One potential solution may be to give patients access to their own EHR. The RSNA Image Share project, which was launched in 2016, allows patients to store images in the cloud, which can be used as a way to transfer images between hospitals.

The program is open to the vendors of reporting systems, radiology information systems and PACS that want their solutions to connect to image sharing networks. In January 2017, Agfa Healthcare, Ambra Health, GE Healthcare, Lexmark Healthcare, LifeIMAGE, Mach7 Technologies and Novarad became the first to successfully complete the program.

Regarding PACS vendors, one of the biggest challenges is lack of standardization. For example, Cerner has defined its own set of application program interfaces (APIs) for third-party companies, and other vendors have defined their own unique APIs.

“If a patient presents at one hospital then goes to another hospital, [the idea is to] exchange images like they can lab values,” says Erik Abels, senior solution leader for clinical and diagnostic imaging at Cerner. “That isn’t prevalent today, and I think one of the biggest reasons is because the standards aren’t well-suited for it.”

Cerner participates in a committee within CommonWell Health Alliance that is working to better define standards that will help accomplish this interoperability. Once those are defined, the committee plans to promote a national infrastructure with common standards and policies.

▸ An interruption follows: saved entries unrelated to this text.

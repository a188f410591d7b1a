//! What is to go to each value: as much as all live tuples with it have, each with the unary cost of its other value, but no
//! more than leaves the value's own unary cost at a bound.

ghost use Rattle.std.specs.Prelude.{◌≡◌, ◌<◌, ◌≤◌, length, true, false, slice_index, IsTrue};
ghost use Rattle.cfn_model.specs.Steps.{IsPlace};
ghost use Rattle.cfn_model.specs.Sums.{is_live};
ghost use Rattle.cfn_store.specs.Standing.{history};
ghost use Rattle.cfn_dac.specs.Full.{IsPair, AreFullBelow, first_of};
ghost use Rattle.cfn_dac.specs.Shifts.{AreHeld, AreReached};
ghost use Rattle.cfn_dac.specs.Moves.{IsLeastTotal, IsAmount, Covers, AreWithin, SomeFrom};
ghost use Rattle.cfn_dac.specs.Binaries.{IsView};

use crate::binary::{Binary, least};
use crate::pair::Pair;
use cfn_scan::Unaries;
use cfn_store::Store;

/// What the amounts of all values need, looked up once.
#[derive(Drop)]
struct View<'a> {
    /// The first variable, and its values' unary costs.
    first: u32,
    own: Unaries<'a>,
    /// The function, where it has the pair's two variables alone.
    binary: Option<Binary<'a>>,
}

impl<'a> View<'a> {
    /// Looks a pair up.
    #[inline(always)]
    fn of(store: &'a Store<'_>, pair: Pair) -> View<'a>
        requires { IsPair store.now.network pair }
        ensures { IsView store.now pair result }
    {
        store.network().law_limits();
        let first = store.network().scope(pair.function)[pair.place as usize];
        View {
            first,
            own: store.unaries(first),
            binary: Binary::of(store, pair),
        }
    }
}

/// Works out an amount for each value of the first variable, and answers whether some value gets one. Where none does, each
/// live value with a unary cost below `alpha` has a full support.
pub(crate) fn plan(store: &Store<'_>, pair: Pair, alpha: u64, moves: &mut [u64]) -> bool
    requires pair { IsPair store.now.network pair }
    requires room { slice_index store.now.network.sizes (first_of store.now.network pair) ≤ length moves.old }
    ensures same { length moves.new ≡ length moves.old }
    ensures covers { Covers store.now.network (history store.now) pair moves.new 0 }
    ensures within { AreWithin store.now.network (history store.now) pair alpha moves.new 0 }
    ensures held { AreHeld store.now.network (history store.now) pair moves.new 0 }
    ensures reached { AreReached store.now.network (history store.now) pair alpha moves.new 0 }
    ensures some { result ≡ true → SomeFrom store.now.network pair moves.new 0 }
    ensures none { result ≡ false → AreFullBelow store.now.network (history store.now) pair alpha }
{
    store.network().law_limits();
    let view = View::of(store, pair);
    let mut some = false;
    for value in 0..store.network().size(view.first) {
        let amount = amount(store, pair, &view, alpha, value);
        moves[value as usize] = amount;
        if amount > 0 {
            some = true;
        }
    }
    some
}

/// What goes to a value.
#[inline(always)]
fn amount(store: &Store<'_>, pair: Pair, view: &View<'_>, alpha: u64, value: u32) -> u64
    requires pair { IsPair store.now.network pair }
    requires view { IsView store.now pair view.now }
    requires value { IsPlace store.now.network pair.function pair.place value }
    ensures { IsAmount store.now.network (history store.now) pair alpha value result }
{
    store.network().law_limits();
    store.law_exact();
    if !store.is_live(view.first, value) {
        return 0;
    }
    let has = view.own.of(value);
    if has >= alpha {
        return 0;
    }
    least(store, pair, &view.binary, value).min(alpha - has)
}

/// The least residual cost of the live tuples with a live value of the first variable, each with the unary cost of its other
/// value, but at most 2^64 - 1, as where there is none.
#[inline(always)]
pub fn least_total(store: &Store<'_>, pair: Pair, value: u32) -> u64
    requires pair { IsPair store.now.network pair }
    requires value { IsPlace store.now.network pair.function pair.place value }
    requires live { IsTrue (is_live (history store.now) (first_of store.now.network pair) value) }
    ensures { IsLeastTotal store.now.network (history store.now) pair value result }
{
    least(store, pair, &Binary::of(store, pair), value)
}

“Our goal as part of CommonWell is to get out of the proprietary nature and get into industry standard,” says Abels. “I think we all share a mutual goal of standard-based exchange, but it’s just a matter of how to get from where we’re at to where we want to be.”

Who’s in charge here?
Imaging has historically been under the control of radiology, but now that it’s entering the greater hospital enterprise, will that continue to be the case? At some health care organizations, imaging has become the core responsibility of the IT department.

“To the hospital CIO who thinks of imaging ultimately as part of the EHR, it would seem most logical to have the people whose core expertise is IT, storage and backup to have responsibility for that,” says Siegel. Unfortunately, he adds, there is a precedent for radiology departments, which may operate at all hours of the day and night, to be more responsive to technical issues than conventional hospital IT staff.

Eighty-six percent of the CIOs that took part in the LifeIMAGE survey reported that their IT department owns enterprise imaging either exclusively or as a shared initiative with their radiology departments. In addition, almost half of them believe that a successful enterprise image strategy requires shared responsibility.